# F-150



## thunderbird (Aug 27, 2006)

Hi,

So we hammered out the deal on a new 29BHS from McGeorge's Rolling Hills RV Supercenter in Ashland Virginia over the last few days, and now we're focused on the TV. I found a 2006 F150 4X4 Crew Crab with thw 5.4 Liter V8 Engine and electronic 4 speed Automatic with Overdrive. It's an 8 foot bed, so the wheelbase is 150" and it's equiped with the Trailer Tow Package. The axle ratio is 3.73 and Ford claims that it will tow a maximum of 9100 pounds. Outbacks lists the dry weight of the 29BHS at just under 6000 pounds, so I think I should be OK, but I'd like the opinions of others. I know a bigger truck or a diesel would be better, but this thing is fully equipped, lists for $42,500, and I can drive it away tomorrow for $$35,400. What do you think?

Also, I'd like opinions on the hitch and equalizer. I want whatever's safest. The dealer is offering a Husky, but I'd like to know if anyone believes that there is a greatly superior product. I know this is on these forums somewhere, but I haven't found a succint answer after hours of reading older posts. The electronic brake unit will be by Prodigy.

By the way, I have to say that Scott, the sales manager at McGeorge's, has been a pleasure to deal with. I went back to him after getting a competetive price online and he threw in the Turbo Flush, a box of hoses, fittings and other essentials and then knocked several hundred dollars off the sale price. He's been there just since April, and I believe he has a real committment to build a better reputation for that shop. So far, I'm really pleased.

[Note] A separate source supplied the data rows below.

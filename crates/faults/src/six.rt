// The six fields of a report, or of a part of a correction.
ghost use Rattle.std.specs.Prelude.{◌≡◌, ◌≤◌, Result, Ok, ⊤};
ghost use Rattle.faults.specs.Six.{at_field, is_named_or, on_numbers, on_networks, six_fault};

use crate::cause::{Cause, FieldFault};
use crate::field;

// A fault of a field, with where the field stands.
pub(crate) fn at(pos: usize, check: Result<(), Cause>) -> Result<(), FieldFault>
    ensures { result ≡ at_field pos check }
{
    check.map_err(|cause| FieldFault { field: pos, cause })
}

#[tactic(auto, unfolding(crate::specs::Six::is_named_or))]
fn is_named_or(missing: Result<(), Cause>, gaining: &[u8], status: &[u8]) -> bool
    ensures { result ≡ is_named_or missing gaining.now status.now }
{
    missing.is_ok() || field::is_named(gaining, status)
}

// The fields as they stand, each maybe damaged.
#[derive(Clone, Copy)]
pub(crate) struct Fields<'a> {
    pub first: &'a [u8],
    pub last: &'a [u8],
    pub date: &'a [u8],
    pub gaining: &'a [u8],
    pub losing: &'a [u8],
    pub status: &'a [u8],
}

// The two number fields; what an empty first one is.
fn numbers(pos: usize, none: Result<(), Cause>, f: Fields) -> Result<(), FieldFault>
    requires { pos ≤ 16 }
    ensures { result ≡ on_numbers pos none f.entry.first.now f.entry.last.now (Ok tt) }
{
    let range = field::is_range(f.first, f.last);
    let last = field::allowed(field::digits_alone(f.last, Ok(())), range);
    at(pos, field::digits_alone(f.first, none))?;
    at(pos + 2, last)
}

// The networks and the status, the gaining network at `pos`; what a missing losing network or status is.
fn networks(pos: usize, missing: Result<(), Cause>, f: Fields) -> Result<(), FieldFault>
    requires { pos ≤ 22 }
    ensures { result ≡ on_networks pos missing f.entry.gaining.now f.entry.losing.now f.entry.status.now }
{
    let named = is_named_or(missing, f.gaining, f.status);
    let status = field::allowed(field::kind_alone(f.status, missing), named);
    at(pos, field::code_alone(f.gaining, Ok(())))?;
    at(pos + 2, field::code_alone(f.losing, missing))?;
    at(pos + 4, status)
}

// The six fields, at every second "Pos." from `pos` on; what an empty first number field is, and what a missing date, losing network or status.
#[tactic(auto, unfolding(crate::specs::Six::six_fault))]
pub(crate) fn six(
    pos: usize,
    none: Result<(), Cause>,
    missing: Result<(), Cause>,
    f: Fields,
) -> Result<(), FieldFault>
    requires { pos ≤ 16 }
    ensures { result ≡ six_fault pos none missing f.entry.first.now f.entry.last.now f.entry.date.now f.entry.gaining.now f.entry.losing.now f.entry.status.now }
{
    numbers(pos, none, f)?;
    at(pos + 4, field::date_alone(f.date, missing))?;
    networks(pos + 6, missing, f)
}
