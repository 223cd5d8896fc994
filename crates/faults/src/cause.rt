// Why a file is refused with 4, and where.
ghost use Rattle.std.specs.Prelude.{◌≡◌};
ghost use Rattle.faults.specs.Cause.{cause_number};

// The causes in the order in which they are tried for one field: a character outside 4.4.1, a field of the wrong length, a date that doesn't
// exist, a network code that isn't one, a value the table doesn't allow; and of a whole file: a closing record that is missing or whose count
// disagrees, bytes after the end. Other languages know each by its number.
#[derive(Clone, Copy)]
pub enum Cause {
    Character = 1,
    Length = 2,
    Date = 3,
    Code = 4,
    Value = 5,
    Closing = 6,
    After = 7,
}

impl Cause {
    // Its number for other languages, from 1.
    pub fn number(self) -> u8
        ensures { result ≡ cause_number self }
    {
        self as u8
    }
}

// Where a fault is: the place of the record, counted from 0, and the field in it; a fault of no field has field 0.
#[derive(Clone, Copy)]
pub struct FaultPlace {
    pub place: usize,
    pub field: usize,
}

// The field of a record that is wrong, and why.
#[derive(Clone, Copy)]
pub struct FieldFault {
    pub field: usize,
    pub cause: Cause,
}
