// The fields of a line that may be damaged.
ghost use Rattle.std.specs.Prelude.{◌≡◌, take, drop};
ghost use Rattle.faults.specs.Cut.{rest_at, code_width};

// All that stands behind `k` commas; nothing where there are fewer.
#[tactic(auto, unfolding(crate::specs::Cut::rest_at))]
pub(crate) fn rest(s: &[u8], k: usize) -> &[u8]
    ensures { result.now ≡ rest_at s.now k }
{
    let mut at: usize = 0;
    for _ in 0..k {
        let e = text::field_end(s, at, b',');
        if s.len() <= e {
            return &s[0..0];
        }
        at = e + 1;
    }
    &s[at..]
}

// The first `n` bytes, or all where there are fewer.
pub(crate) fn first(s: &[u8], n: usize) -> &[u8]
    ensures { result.now ≡ take n s.now }
{
    &s[..n.min(s.len())]
}

// What stands behind the first `n` bytes.
pub(crate) fn behind(s: &[u8], n: usize) -> &[u8]
    ensures { result.now ≡ drop n s.now }
{
    &s[n.min(s.len())..]
}

// How many bytes the code of a correction has: up to `U:`, or four where that is missing.
#[tactic(auto, using(std::proofs::lemmas::Bool::Decides::nat_tests, crate::proofs::CutLaws::colon_first), unfolding(crate::specs::Cut::code_width))]
pub fn code_width(head: &[u8]) -> usize
    ensures { result ≡ code_width head.now }
{
    let colon = text::field_end(head, 0, b':');
    if colon < head.len() && 0 < colon && head[colon - 1] == b'U' {
        colon - 1
    } else {
        4
    }
}
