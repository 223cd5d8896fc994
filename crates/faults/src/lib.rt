// The first fault of a record: in which field, and why. A field is known by its "Pos." in the specification's own table (4.5.1, 4.5.2.3, 4.7.8).
#![tactic(auto)]

pub mod cause;
pub mod cut;
mod field;
pub mod record;
mod six;
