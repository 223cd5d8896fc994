// The first field of a record that is wrong, and why.
ghost use Rattle.std.specs.Prelude.{◌≡◌, ◌≤◌};
ghost use Rattle.laws.specs.Split.{piece_of};
ghost use Rattle.faults.specs.Record.{on_commas, report_fault, whole_for, number_for, u_fault, k_fault, correction_from, correction_fault, request_fault, record_fault, end_pos};

use crate::cause::{Cause, FieldFault};
use crate::six::{Fields, at, six};
use crate::{cut, field};
use records::names::kind::FileKind;

fn field_at(s: &[u8], k: usize) -> &[u8]
    ensures { result.now ≡ piece_of 44 s.now k }
{
    text::piece(s, b',', k)
}

// The first comma that is missing, where there are fewer than `most`.
#[tactic(auto, unfolding(crate::specs::Record::on_commas))]
fn on_commas(most: usize, pos: usize, s: &[u8]) -> Result<(), FieldFault>
    requires { (most ≤ 11) × (pos ≤ 5) }
    ensures { result ≡ on_commas most pos s.now }
{
    let n = text::cuts(s, b',');
    if most <= n {
        return Ok(());
    }
    at(pos + 2 * n, Err(Cause::Length))
}

#[tactic(auto, unfolding(crate::specs::Record::report_fault))]
fn report(s: &[u8]) -> Result<(), FieldFault>
    ensures { result ≡ report_fault s.now }
{
    let missing = Err(Cause::Length);
    six(
        1,
        missing,
        missing,
        Fields {
            first: field_at(s, 0),
            last: field_at(s, 1),
            date: field_at(s, 2),
            gaining: field_at(s, 3),
            losing: field_at(s, 4),
            status: cut::rest(s, 5),
        },
    )
}

// What the U part of an objection must not leave empty.
#[tactic(auto, unfolding(crate::specs::Record::whole_for))]
fn whole_for(code: &[u8]) -> Result<(), Cause>
    ensures { result ≡ whole_for code.now }
{
    field::allowed(Ok(()), !field::objects(code))
}

// With any other code one part has a number.
#[tactic(auto, unfolding(crate::specs::Record::number_for))]
fn number_for(code: &[u8], first: &[u8]) -> Result<(), Cause>
    ensures { result ≡ number_for code.now first.now }
{
    field::allowed(Ok(()), field::objects(code) || !first.is_empty())
}

#[tactic(auto, unfolding(crate::specs::Record::u_fault))]
fn u_part(code: &[u8], first: &[u8], s: &[u8]) -> Result<(), FieldFault>
    ensures { result ≡ u_fault code.now first.now s.now }
{
    let missing = whole_for(code);
    six(
        3,
        missing,
        missing,
        Fields {
            first,
            last: field_at(s, 1),
            date: field_at(s, 2),
            gaining: field_at(s, 3),
            losing: field_at(s, 4),
            status: field_at(s, 5),
        },
    )
}

#[tactic(auto, unfolding(crate::specs::Record::k_fault))]
fn k_part(code: &[u8], first: &[u8], s: &[u8]) -> Result<(), FieldFault>
    ensures { result ≡ k_fault code.now first.now s.now }
{
    six(
        16,
        number_for(code, first),
        Ok(()),
        Fields {
            first: cut::behind(field_at(s, 6), 2),
            last: field_at(s, 7),
            date: field_at(s, 8),
            gaining: field_at(s, 9),
            losing: field_at(s, 10),
            status: cut::rest(s, 11),
        },
    )
}

#[tactic(auto, unfolding(crate::specs::Record::correction_from))]
fn correction_from(code: &[u8], mark: &[u8], first: &[u8], s: &[u8]) -> Result<(), FieldFault>
    ensures { result ≡ correction_from code.now mark.now first.now s.now }
{
    at(1, field::correction_code_alone(code))?;
    at(2, field::mark_alone(mark, b'U'))?;
    u_part(code, first, s)?;
    at(15, field::mark_alone(cut::first(field_at(s, 6), 2), b'K'))?;
    k_part(code, first, s)?;
    on_commas(11, 5, s)
}

#[tactic(auto, unfolding(crate::specs::Record::correction_fault))]
fn correction(s: &[u8]) -> Result<(), FieldFault>
    ensures { result ≡ correction_fault s.now }
{
    let head = field_at(s, 0);
    let width = cut::code_width(head);
    let marked = cut::behind(head, width);
    correction_from(
        cut::first(head, width),
        cut::first(marked, 2),
        cut::behind(marked, 2),
        s,
    )
}

#[tactic(auto, unfolding(crate::specs::Record::request_fault))]
fn request(s: &[u8]) -> Result<(), FieldFault>
    ensures { result ≡ request_fault s.now }
{
    at(1, field::code_alone(field_at(s, 0), Err(Cause::Length)))?;
    at(3, field::date_alone(field_at(s, 1), Ok(())))?;
    at(5, field::nothing_alone(cut::rest(s, 2)))?;
    on_commas(2, 2, s)
}

#[tactic(auto, unfolding(crate::specs::Record::record_fault))]
fn search(kind: FileKind, line: &[u8]) -> Result<(), FieldFault>
    ensures { result ≡ record_fault kind line.now }
{
    match kind {
        FileKind::Default | FileKind::Response => report(line),
        FileKind::Correction => correction(line),
        FileKind::Request => request(line),
    }
}

// The first field of a line that is wrong, if it is no record of a file of this kind. Records are told soon; only what is none is searched.
#[tactic(auto, using(crate::proofs::RecordExact::record_has_no_fault))]
pub fn check(kind: FileKind, line: &[u8]) -> Result<(), FieldFault>
    ensures { result ≡ record_fault kind line.now }
{
    if records::line::is_record(kind, line) {
        return Ok(());
    }
    search(kind, line)
}

// The "Pos." of the CR that ends a record.
pub fn end_pos(kind: FileKind) -> usize
    ensures { result ≡ end_pos kind }
{
    match kind {
        FileKind::Default | FileKind::Response => 12,
        FileKind::Correction => 27,
        FileKind::Request => 5,
    }
}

Any suggestions will be greatly welcome.

Thanks!


----------



## FridayYet? (Feb 9, 2006)

I pull our 26RS with an 04 Ford 150 4x4 Crew. I have the shorter bed (5.5ft) and the smaler axle ratio and we have been pulling fine. I live surrounded my hills and mountains so we usually tow with OD off. I still take it very easy because of the precious cargo I carry, not to mention the TV and TT also.

Safety is real important to me. I wish we could get a 3/4 ton truck but it's not in the budget for a while. We did get a Equalizer with the 1200lb bars and a prodigy. They both make the trip so much smoother.

I'm glad to hear your have a good experience with McGeorge's. I went to Lakeshore to get ours and I'd do it again, The haggling and negotiating was just not what I wanted to do. So far no waranty issues since April.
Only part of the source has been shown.